**What the task asks**: Copy out exactly the lines below that run from the one holding "fn form_of(letters: [u8;" to the one holding "END, FINISH, TICK", keeping both of those lines and no others.

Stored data
——————
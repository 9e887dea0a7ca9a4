// What is told of a line that cannot be read: the form that its first two letters ask for.
use stream::errors::tell_line;

// The place of the first byte of a line that is no blank.
fn start_of(line: &[u8]) -> usize {
    line.iter().position(|&b| b' ' < b).unwrap_or(line.len())
}

// The letter at a place in lower case, or 0.
fn letter_at(line: &[u8], i: usize) -> u8 {
    line.get(i).map_or(0, |b| b | 32)
}

// The form of a call by its first two letters, and else which calls there are.
fn form_of(letters: [u8; 2]) -> &'static [u8] {
    match &letters {
        b"cr" => b"CREATE 5 1, two numbers from 0 to 255",
        b"de" => b"DELAY 3, a number from -2147483648 to 2147483647",
        b"ca" => b"CALL 1 1, two numbers from 0 to 255, then nothing, timed 3 or conditional",
        b"se" => b"SELECT 1,3, entries 1 to 8 in order, or none, then nothing, delay 5 or else",
        b"ad" => b"ADVANCE 1000, a number from 0 to 4294967295",
        _ => b"CREATE, DELAY, CALL, SELECT, END, FINISH, TICK or ADVANCE",
    }
}

// A line that cannot be read. Its first two letters tell which form is expected.
pub fn unread<R: Eprint>(rt: &R, number: u64, line: &[u8]) {
    let i = start_of(line);
    let next = i.wrapping_add(1);
    tell_line(
        rt,
        number,
        form_of([letter_at(line, i), letter_at(line, next)]),
    );
}

// Arguments that are none of the two.
pub fn usage<R: Eprint>(rt: &R) {
    let _ = eprintln!(rt; "usage: scribe < TEXT > CALLS, or scribe back < CALLS > TEXT");
}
——————
**Your solution**:
fn form_of(letters: [u8; 2]) -> &'static [u8] {
    match &letters {
        b"cr" => b"CREATE 5 1, two numbers from 0 to 255",
        b"de" => b"DELAY 3, a number from -2147483648 to 2147483647",
        b"ca" => b"CALL 1 1, two numbers from 0 to 255, then nothing, timed 3 or conditional",
        b"se" => b"SELECT 1,3, entries 1 to 8 in order, or none, then nothing, delay 5 or else",
        b"ad" => b"ADVANCE 1000, a number from 0 to 4294967295",
        _ => b"CREATE, DELAY, CALL, SELECT, END, FINISH, TICK or ADVANCE",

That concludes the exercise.